LOFAR Sparse Image Reconstruction
H. Garsden, J. N. Girard, J. L. Starck, S. Corbel, C. Tasse, A., Woiselle, J. P. McKean, A.S. van Amesfoort, J. Anderson, I. M. Avruch, R., Beck, M. J. Bentum, P. Best, F. Breitling, J. Broderick, M. Br\"uggen, H. R., Butcher, B. Ciardi, F. de Gasperin, E. de Geus, M. de Vos

TL;DR
This paper introduces a sparse reconstruction method for LOFAR radio telescope imaging, demonstrating improved resolution and extended source imaging over traditional CLEAN methods, compatible with modern interferometric corrections.
Contribution
A novel sparse reconstruction approach based on compressed sensing theory integrated into LOFAR imaging, outperforming CLEAN in resolution and extended source recovery.
Findings
Sparse reconstruction matches CLEAN in point source flux recovery.
Significantly better for extended objects, reducing error by up to 10 times.
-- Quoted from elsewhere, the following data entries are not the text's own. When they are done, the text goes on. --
//! The versions of a text, and the edits that make them.
//!
//! [`Texts`] keeps every version of a text. A version is a list of lines; version 1 is empty, and each [`Edit`] and
//! each step back to an older version adds a new one, so no version ever changes. It is kept as pieces of bytes, and
//! versions share the pieces in which they do not differ; this no contract shows. The crate promises that the new
//! version is the edit's as a function on lists of lines, that each refusal comes exactly where it is due and in one
//! order, that the limits of a version are kept, and that nothing changes where a call gives an error. It knows nothing
//! of the language that the text is written in. It stands on `mp_base`.
#![tactic(auto)]

mod bytes;
mod edits;
mod ends;
mod errors;
pub mod laws;
mod piece;
mod pieces;
mod prepared;
mod ranges;
mod shared;
mod sizes;
mod texts;

pub use edits::Edit;
pub use errors::TextError;
pub use pieces::VersionReader;
pub use prepared::Prepared;
pub use texts::Texts;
Achieves 2-3 times higher angular resolution than CLEAN images.
Abstract
Context. The LOw Frequency ARray (LOFAR) radio telescope is a giant digital phased array interferometer with multiple antennas distributed in Europe. It provides discrete sets of Fourier components of the sky brightness. Recovering the original brightness distribution with aperture synthesis forms an inverse problem that can be solved by various deconvolution and minimization methods Aims. Recent papers have established a clear link between the discrete nature of radio interferometry measurement and the "compressed sensing" (CS) theory, which supports sparse reconstruction methods to form an image from the measured visibilities. Empowered by proximal theory, CS offers a sound framework for efficient global minimization and sparse data representation using fast algorithms. Combined with instrumental direction-dependent effects (DDE) in the scope of a real instrument, we developed and…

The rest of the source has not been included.